=== TASK BRIEF ===
Set down exactly the stretch of lines below that opens at the line containing "one item more." and continues through the last line of the entries, and nothing else.

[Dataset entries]

= = = = =

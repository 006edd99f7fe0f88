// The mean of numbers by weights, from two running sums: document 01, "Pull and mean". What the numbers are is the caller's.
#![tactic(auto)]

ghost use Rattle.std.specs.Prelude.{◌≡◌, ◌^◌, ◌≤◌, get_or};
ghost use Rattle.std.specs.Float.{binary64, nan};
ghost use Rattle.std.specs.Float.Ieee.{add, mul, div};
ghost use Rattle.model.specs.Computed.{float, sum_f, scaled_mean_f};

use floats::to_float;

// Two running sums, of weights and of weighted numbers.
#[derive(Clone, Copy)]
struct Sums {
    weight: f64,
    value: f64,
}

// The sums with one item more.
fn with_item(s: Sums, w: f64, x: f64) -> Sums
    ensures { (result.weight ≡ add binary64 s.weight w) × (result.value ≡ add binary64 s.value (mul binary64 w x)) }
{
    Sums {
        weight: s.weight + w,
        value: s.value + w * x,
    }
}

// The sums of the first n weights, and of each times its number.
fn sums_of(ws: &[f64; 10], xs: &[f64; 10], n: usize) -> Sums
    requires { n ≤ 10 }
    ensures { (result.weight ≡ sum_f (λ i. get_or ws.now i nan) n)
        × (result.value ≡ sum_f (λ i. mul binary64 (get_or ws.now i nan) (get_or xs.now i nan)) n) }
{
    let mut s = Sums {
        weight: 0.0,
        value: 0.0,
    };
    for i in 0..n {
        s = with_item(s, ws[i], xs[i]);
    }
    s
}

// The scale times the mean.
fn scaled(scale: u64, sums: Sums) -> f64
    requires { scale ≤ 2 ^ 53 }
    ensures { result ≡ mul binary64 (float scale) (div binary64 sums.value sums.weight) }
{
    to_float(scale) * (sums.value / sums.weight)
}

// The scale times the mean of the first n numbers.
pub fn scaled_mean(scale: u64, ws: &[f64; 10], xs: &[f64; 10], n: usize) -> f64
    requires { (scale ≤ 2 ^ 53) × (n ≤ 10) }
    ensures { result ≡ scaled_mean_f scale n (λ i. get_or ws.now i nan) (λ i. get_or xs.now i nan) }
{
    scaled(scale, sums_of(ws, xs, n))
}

= = = = =

=== TASK RESPONSE ===
// The sums with one item more.
fn with_item(s: Sums, w: f64, x: f64) -> Sums
    ensures { (result.weight ≡ add binary64 s.weight w) × (result.value ≡ add binary64 s.value (mul binary64 w x)) }
{
    Sums {
        weight: s.weight + w,
        value: s.value + w * x,
    }
}

// The sums of the first n weights, and of each times its number.
fn sums_of(ws: &[f64; 10], xs: &[f64; 10], n: usize) -> Sums
    requires { n ≤ 10 }
    ensures { (result.weight ≡ sum_f (λ i. get_or ws.now i nan) n)
        × (result.value ≡ sum_f (λ i. mul binary64 (get_or ws.now i nan) (get_or xs.now i nan)) n) }
{
    let mut s = Sums {
        weight: 0.0,
        value: 0.0,
    };
    for i in 0..n {
        s = with_item(s, ws[i], xs[i]);
    }
    s
}

// The scale times the mean.
fn scaled(scale: u64, sums: Sums) -> f64
    requires { scale ≤ 2 ^ 53 }
    ensures { result ≡ mul binary64 (float scale) (div binary64 sums.value sums.weight) }
{
    to_float(scale) * (sums.value / sums.weight)
}

// The scale times the mean of the first n numbers.
pub fn scaled_mean(scale: u64, ws: &[f64; 10], xs: &[f64; 10], n: usize) -> f64
    requires { (scale ≤ 2 ^ 53) × (n ≤ 10) }
    ensures { result ≡ scaled_mean_f scale n (λ i. get_or ws.now i nan) (λ i. get_or xs.now i nan) }
{
    scaled(scale, sums_of(ws, xs, n))
}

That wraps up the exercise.